**WHAT THIS TASK INVOLVES**
Lines holding the string "impl" are the ones to copy from this listing.

Top of EXERCISE DATA

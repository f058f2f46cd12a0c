//! The table of holds.
ghost use Rattle.std.specs.Prelude.{◌≡◌, ◌+◌, ◌<◌, ◌≤◌, ℕ, ℤ, ◌↔◌, Some, None, IsTrue, IsOk, IfOk, IsNone, IfSome, IfNone, OnSome, OnOk, OnErr};
ghost use Rattle.std.specs.FinMap as map;
ghost use Rattle.ilp_holds.specs.Due.{IsNoLater};

use crate::due::Due;
use crate::heap::{reorder, reorder_at};
use crate::index::{IndexRow, search};
use crate::members::{add, take_out};
use std::alloc::{AllocError, Allocator, Global};
use std::marker::Model;

/// Holds by their numbers, each with its deadline. The next one due is known at once.
///
/// To add or to take one takes no memory. With n holds it moves about log n of them at most in the
/// heap, each of which is looked up in the index. It shifts the rows of all higher numbers by one.
#[derive(Drop)]
pub struct HoldTable<A: Allocator = Global> {
    // A binary heap: none comes before the one above it, so the next one due stands first.
    heap: Vec<Due, A>,
    // Where in the heap each one stands, in the order of their numbers.
    index: Vec<IndexRow, A>,
    // For so many more, both have room.
    spare: usize,
}

impl<A: Allocator> Model for HoldTable<A> {
    ghost use Rattle.std.specs.Prelude.{◌+◌, ◌≤◌, vec_len, vec_capacity};
    ghost use Rattle.ilp_holds.specs.Table.{Table, table_code, deadlines};
    ghost use Rattle.ilp_holds.specs.Heap.{IsHeap};
    ghost use Rattle.ilp_holds.specs.Index.{IsIndexed, holds};

    ghost Value = { Table };

    ghost coded = { table_code };

    ghost view = { λ t. record {
      map = deadlines (holds t.heap.items t.index.items);
      spare = t.spare;
    } };

    ghost invariant = { λ t. record {
      order : IsHeap t.heap.items;
      indexed : IsIndexed t.heap.items t.index.items;
      heap_room : t.spare + vec_len t.heap ≤ vec_capacity t.heap;
      index_room : t.spare + vec_len t.index ≤ vec_capacity t.index;
    } };
}

impl<A: Allocator + Clone> HoldTable<A> {
    /// A table with no hold, and no room for any. `AllocError` tells that memory is short for
    /// another of this allocator.
    pub fn new(alloc: A) -> Result<HoldTable<A>, AllocError>
        ensures empty { IfOk result (λ table. table.map ≡ map.empty) }
        ensures spare { IfOk result (λ table. table.spare ≡ 0) }
    {
        let index = Vec::new(alloc.clone()?);
        Ok(HoldTable {
            heap: Vec::new(alloc),
            index,
            spare: 0,
        })
    }
}

impl<A: Allocator> HoldTable<A> {
    /// How many holds there are.
    pub fn len(&self) -> usize
        ensures { result ≡ map.len self.now.map }
    {
        self.index.len()
    }

    /// Whether there is no hold.
    pub fn is_empty(&self) -> bool
        ensures { IsTrue result ↔ (self.now.map ≡ map.empty) }
    {
        self.index.is_empty()
    }

    /// How many more holds fit without memory.
    pub fn spare(&self) -> usize
        ensures { result ≡ self.now.spare }
    {
        self.spare
    }

    /// The deadline of the hold of this number.
    pub fn get(&self, number: u32) -> Option<i64>
        ensures { result ≡ map.get self.now.map number }
    {
        let Ok(row) = search(&self.index, number) else {
            return None;
        };
        Some(self.heap[self.index[row].at].deadline)
    }

    /// The next one due: its deadline and its number. Of those with the same deadline it is the one
    /// of the lowest number.
    pub fn earliest(&self) -> Option<(i64, u32)>
        ensures none { IsNone result ↔ (self.now.map ≡ map.empty) }
        ensures member { IfSome result (λ first.
            map.get self.now.map first.1 ≡ Some first.0) }
        ensures least { IfSome result (λ first. (number : ℕ) (deadline : ℤ)
            → map.get self.now.map number ≡ Some deadline
            → IsNoLater first.0 first.1 deadline number) }
    {
        let first = self.heap.first()?;
        Some((first.deadline, first.number))
    }

    /// Makes room for `additional` more holds. `AllocError` tells that memory is short.
    pub fn reserve(&mut self, additional: usize) -> Result<(), AllocError>
        ensures map { self.new.map ≡ self.old.map }
        ensures ok { OnOk result (additional ≤ self.new.spare) }
        ensures kept { self.old.spare ≤ self.new.spare }

        // It takes memory only where that room is missing, and a refusal leaves all as it was.
        ensures enough { additional ≤ self.old.spare → IsOk result }
        ensures unmoved { additional ≤ self.old.spare → self.new ≡ self.old }
        ensures refused { OnErr result (self.old.spare < additional) }
        ensures err { OnErr result (self.new ≡ self.old) }
    {
        if additional <= self.spare {
            return Ok(());
        }
        self.heap.reserve(additional)?;
        self.index.reserve(additional)?;
        self.spare = additional;
        Ok(())
    }

    /// Adds a hold, into room that is there: `spare` tells whether it is. No hold of the table has
    /// this number yet.
    pub fn insert(&mut self, number: u32, deadline: i64)
        requires room { 1 ≤ self.old.spare }
        requires absent { map.get self.old.map number ≡ None }
        ensures map { self.new.map ≡ map.insert self.old.map number deadline }
        ensures used { self.new.spare + 1 ≡ self.old.spare }
    {
        let Err(row) = search(&self.index, number) else {
            unreachable!();
        };
        let at = add(
            &mut self.heap,
            &mut self.index,
            row,
            Due { deadline, number },
        );
        self.spare -= 1;
        reorder(&mut self.heap, &mut self.index, row, at);
    }

    /// Takes out the hold of this number and tells its deadline. `None` where there is none.
    pub fn take(&mut self, number: u32) -> Option<i64>
        ensures deadline { result ≡ map.get self.old.map number }
        ensures map { self.new.map ≡ map.remove self.old.map number }
        ensures none { IfNone result (self.new ≡ self.old) }
        ensures fewer { OnSome result (map.len self.new.map + 1 ≡ map.len self.old.map) }
        ensures freed { OnSome result (self.new.spare ≡ self.old.spare + 1) }
    {
        let Ok(row) = search(&self.index, number) else {
            return None;
        };
        let deadline = self.heap[self.index[row].at].deadline;
        let at = take_out(&mut self.heap, &mut self.index, row);
        self.spare += 1;
        reorder_at(&mut self.heap, &mut self.index, at);
        Some(deadline)
    }
}
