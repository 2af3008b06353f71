// Prices offered trips, read from standard input, and prints a table for a clerk.
#![tactic(auto)]

mod report;

use std::io;

fn main(rt: HostRuntime) -> io::Result<()> {
    report::run(&rt)
}
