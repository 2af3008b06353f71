// The text of offers, line by line, and the table that is printed.
use offers::kinds::KindName;
use offers::offer::{Refusal, price};
use offers::written::Written;
use rates::cents::Cents;
use rates::many::{best_place, same};
use rates::pair::Pair;
use rates::tonnes::Tonnes;
use std::alloc::{AllocError, Global};
use std::io;
use std::io::{BufRead, BufReader};
use thiserror::Error;

// One line of the text: its number from 1, and an offered trip.
#[derive(Drop)]
pub struct Offer {
    line: usize,
    text: String,
}

// Why a line has no price. A lane is named by its number from 1.
#[derive(Clone, Copy, Debug, Error)]
pub enum Fault {
    #[error("no number at lane {0}")]
    NoNumber(usize),
    #[error(transparent)]
    Refused(#[from] Refusal),
    #[error("out of memory")]
    Memory(#[from(alloc)] AllocError),
}

// A trip with its price, and its place among the trips that have one.
#[derive(Clone, Copy)]
pub struct Priced<R> {
    place: usize,
    lanes: usize,
    rate: R,
}

// The lane rates that a line writes.
fn read_lanes<R: Written>(heap: Global, text: &str) -> Result<Vec<R>, Fault> {
    let mut lanes = Vec::new(heap);
    for (i, word) in text.split_whitespace().enumerate() {
        match R::read(word) {
            Some(rate) => lanes.push(rate)?,
            None => return Err(Fault::NoNumber(i.saturating_add(1))),
        }
    }
    Ok(lanes)
}

// The price of the trip that a line writes, as the one at this place among those that have a price.
fn price_line<R: Written>(heap: Global, text: &str, place: usize) -> Result<Priced<R>, Fault> {
    let lanes = read_lanes::<R>(heap, text)?;
    let rate = price(lanes.as_slice())?;
    Ok(Priced {
        place,
        lanes: lanes.len(),
        rate,
    })
}

// What is said of a priced trip, given the place of the best among all rates.
fn remark<R: Written>(priced: Priced<R>, best: Option<usize>, rates: &[R]) -> &'static str {
    match best {
        Some(at) if at == priced.place => "best",
        Some(at) if rates.get(at).is_some_and(|rate| same(*rate, priced.rate)) => "as good",
        _ => "",
    }
}

// A trip with its price, or why it has none, and the line that offers it.
#[derive(Clone, Copy)]
struct Row<R> {
    line: usize,
    outcome: Result<Priced<R>, Fault>,
}

// The rows of all offers of a kind, in order, and the rates of those that have one.
#[derive(Drop)]
struct Table<R> {
    rows: Vec<Row<R>>,
    rates: Vec<R>,
}

impl<R: Written + Drop> Table<R> {
    // Prices one more offer.
    fn add(&mut self, heap: Global, offer: &Offer) -> Result<(), AllocError> {
        let outcome = price_line::<R>(heap, offer.text.as_str(), self.rates.len());
        if let Ok(priced) = &outcome {
            self.rates.push(priced.rate)?;
        }
        self.rows.push(Row {
            line: offer.line,
            outcome,
        })?;
        Ok(())
    }

    fn print_row(&self, rt: &HostRuntime, row: Row<R>, best: Option<usize>) -> io::Result<()> {
        let line = row.line;
        match row.outcome {
            Ok(priced) => {
                let lanes = priced.lanes;
                let said = remark(priced, best, self.rates.as_slice());
                let rate = priced.rate;
                println!(rt; "{line:>4}  {lanes:>5}  {said:<8} {rate}")
            }
            Err(fault) => println!(rt; "{line:>4}  {fault}"),
        }
    }
}

// Prices the offers of a kind, and prints the table.
fn report<R: Written + Drop>(rt: &HostRuntime, offers: &[Offer]) -> io::Result<()> {
    let heap = rt.alloc();
    let mut table = Table::<R> {
        rows: Vec::new(heap),
        rates: Vec::new(heap),
    };
    for offer in offers {
        table.add(heap, offer)?;
    }
    rt.println("line  lanes           rate")?;
    let best = best_place(table.rates.as_slice());
    for row in table.rows.iter() {
        table.print_row(rt, *row, best)?;
    }
    Ok(())
}

// Says of each offer that no kind of rate is named.
fn report_kindless(rt: &HostRuntime, offers: &[Offer]) -> io::Result<()> {
    for offer in offers {
        let line = offer.line;
        println!(rt; "line {line}: no kind of rate is named yet")?;
    }
    Ok(())
}

// The offers of one kind, or of none, where no kind has been named yet.
fn report_group(rt: &HostRuntime, kind: Option<KindName>, offers: &[Offer]) -> io::Result<()> {
    let Some(kind) = kind else {
        return report_kindless(rt, offers);
    };
    println!(rt; "rates in {kind}")?;
    match kind {
        KindName::Cents => report::<Cents>(rt, offers),
        KindName::Tonnes => report::<Tonnes>(rt, offers),
        KindName::CentsBeforeTonnes => report::<Pair<Cents, Tonnes>>(rt, offers),
    }
}

// Reads the text, and prints a table for each kind that it names.
pub(crate) fn run(rt: &HostRuntime) -> io::Result<()> {
    let heap = rt.alloc();
    let mut kind = None;
    let mut offers = Vec::new(heap);
    let lines = BufReader::new(heap, rt.stdin())?.lines(heap);
    for (text, line) in lines.zip(1usize..usize::MAX) {
        let text = text?;
        match text.parse::<KindName>() {
            Ok(next) => {
                report_group(rt, kind, offers.as_slice())?;
                offers.clear();
                kind = Some(next);
            }
            Err(_) => offers.push(Offer { line, text })?,
        }
    }
    report_group(rt, kind, offers.as_slice())
}
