//! The rules of DDS-XTypes 1.3 as definitions over types and values: projection, readings and spellings in XCDR2 and XCDR1,
//! samples, assignability with its first failure, and keys. The crate's code is the few types that they name; its `specs/` are
//! short enough to be read aloud, and worked examples there are checked by computation.
#![tactic(auto)]

mod malformed;
mod verdict;

pub use malformed::{Fault, Why};
pub use verdict::{Policy, Rule};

Bottom of EXERCISE DATA

**SOLVED PROBLEM**
impl<A: Allocator> Model for HoldTable<A> {
impl<A: Allocator + Clone> HoldTable<A> {
impl<A: Allocator> HoldTable<A> {
impl<R: Written + Drop> Table<R> {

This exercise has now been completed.